TARANTO – Può tornare ad esplodere da un momento all’altro la questione della mitilicoltura a Taranto. Perché da tanto, troppo tempo, si sta giocando con la pazienza e la vita dei mitilicoltori, oltre che con il destino della risorsa naturale primaria della nostra città. Un argomento che incontra, purtroppo, l’interesse di pochissimi, come se l’inquinamento che ha distrutto l’ecosistema del Mar Piccolo, fosse meno importante di quello prodotto dalla grande industria.

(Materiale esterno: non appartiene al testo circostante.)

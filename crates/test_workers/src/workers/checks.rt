// Tests of servers' checks.
ghost use Rattle.std.specs.Prelude.{◌≡◌};
ghost use Rattle.locked_book.specs.Books.{terms_for};
ghost use Rattle.proxy_config.specs.Sound.{IsSoundConfig};

use super::fakes::{Fake, Few, Scene, Seen};
use super::scenes::plain;
use super::*;
use std::thread::Threads;

// The result of a checker: how often it looked, and whether the server is up afterwards.
type Checked = (u64, bool);

// The checker's pauses are spent, or it was told to stop before.
fn check_thrice<N: DeskName, R: Abort + Wait>(
    rt: &R,
    proxy: &Proxy<N>,
    seen: &Seen,
    up: bool,
    stopped: bool,
) -> Checked {
    let before = seen.probes.load(Ordering::SeqCst);
    let mut gate = Fake::new(Scene { up, ..plain() }, seen);
    let stop = Stop::new();
    if stopped {
        stop.tell();
    }
    checker(rt, proxy, &mut gate, &mut Few::new(3), &stop.view());
    let read = proxy.desk.look(rt).book().servers(proxy.alloc);
    let lines = read.expect(rt, "memory");
    let is_up = lines.iter().all(|line| line.up);
    let probes = seen.probes.load(Ordering::SeqCst).saturating_sub(before);
    (probes, is_up)
}

// A server fails its checks, isn't checked by a checker that was told to stop, and then passes.
fn down_and_up<N: DeskName, R: Abort + Threads + Wait>(
    rt: &R,
    alloc: Global,
    opened: Opened,
) -> [Checked; 3]
    requires named { opened.board ≡ N.board }
    requires terms { N.terms ≡ terms_for opened.core.setup }
    requires setup { N.setup ≡ opened.core.setup }
    requires sound { IsSoundConfig opened.config }
{
    let (proxy, keys, idle) = start::<N, _>(rt, alloc, opened);
    let seen = Seen::new(keys.wake);
    let found = [
        check_thrice(rt, &proxy, &seen, false, false),
        check_thrice(rt, &proxy, &seen, true, true),
        check_thrice(rt, &proxy, &seen, true, false),
    ];
    close(proxy, idle);
    found
}

// Each call of the gate's clock is a millisecond later.
fn check_with<R: Abort + Threads + Wait>(rt: &R, alloc: Global, text: &[u8]) -> [Checked; 3] {
    let opened = open_text(rt, alloc, text, 4096);
    down_and_up::<Brand, _>(rt, alloc, opened)
}

#[test]
fn a_server_is_seen_down_and_up_again(rt: HostRuntime) {
    assert_eq!(rt;
        check_with(&rt, rt.alloc(), TWO_SLOTS),
        [(1, false), (0, false), (1, true)]
    );
}

#[test]
fn checks_come_again_after_their_interval(rt: HostRuntime) {
    let text =
        b"listen w\n    bind :80\n    server a 127.0.0.1:9001 maxconn 2 check inter 1ms rise 1 fall 1\n";
    assert_eq!(rt;
        check_with(&rt, rt.alloc(), text),
        [(4, false), (0, false), (4, true)]
    );
}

Stranezze tutte tarantine, che molto probabilmente non capiremo mai fino in fondo. Ciò detto, il problema vero è che la vicenda dei mitili del 1° seno del Mar Piccolo, si è infilata in un tunnel al momento senza uscita. Anche perché, la vera verità è che nessuno sa cosa fare in merito alla produzione 2012, il cui frutto ha raggiunto i 6 centimetri e che le analisi sui campioni prelevati dallo scorso agosto sino alle ultime risalenti al mese di marzo, tranne per quelle di novembre, hanno sempre dato esito negativo in merito al superamento del limite di contaminazione da diossina e Pcb (6,5 picogrammi).

Dunque, nei mitilicoltori la domanda sorge spontanea: perché la Asl non revoca l’Ordinanza n.1989 del 22.07.2011 di blocco del prelievo, movimentazione e commercializzazione dei mitili del primo seno di Mar Piccolo? Perché gli esiti delle analisi sui campioni di aprile non sono ancora giunti, nonostante siamo quasi a fine maggio? Possibile che non ci sia il modo per accelerare l’iter e quindi scongiurare la perdita della produzione del 2012, dopo quella dell’intero 2011 terminata nell’inceneritore dell’Amiu?

Perché il problema è semplice: l’ordinanza dello scorso luglio consente lo spostamento del seme dal Mar Piccolo alle aree individuate in Mar Grande, ma vieta la vendita dei mitili: ma se i mitili sono conformi e quindi non inquinati, si dovrebbero vendere senza problemi. Ed invece, a causa del ritardo con cui provengono alla Asl i risultati dall’Istituto Zooprofilattico di Teramo, l’azienda sanitaria locale non vuole assumersi la responsabilità di revocare l’ordinanza. Inoltre, durante una riunione svoltasi presso il Centro Ittico Tarantino nel pomeriggio di ieri, molti mitilicoltori hanno chiesto quanto meno la modifica dell’ordinanza, che riguarda in maniera sommaria l’intero 1° seno del Mar Piccolo, quando alcune zone dello stesso presentano livelli di inquinamento al di sotto dei limiti previsti dalla legge: quindi, in realtà, non sarebbe necessario lo spostamento di tutti gli allevamenti in Mar Grande.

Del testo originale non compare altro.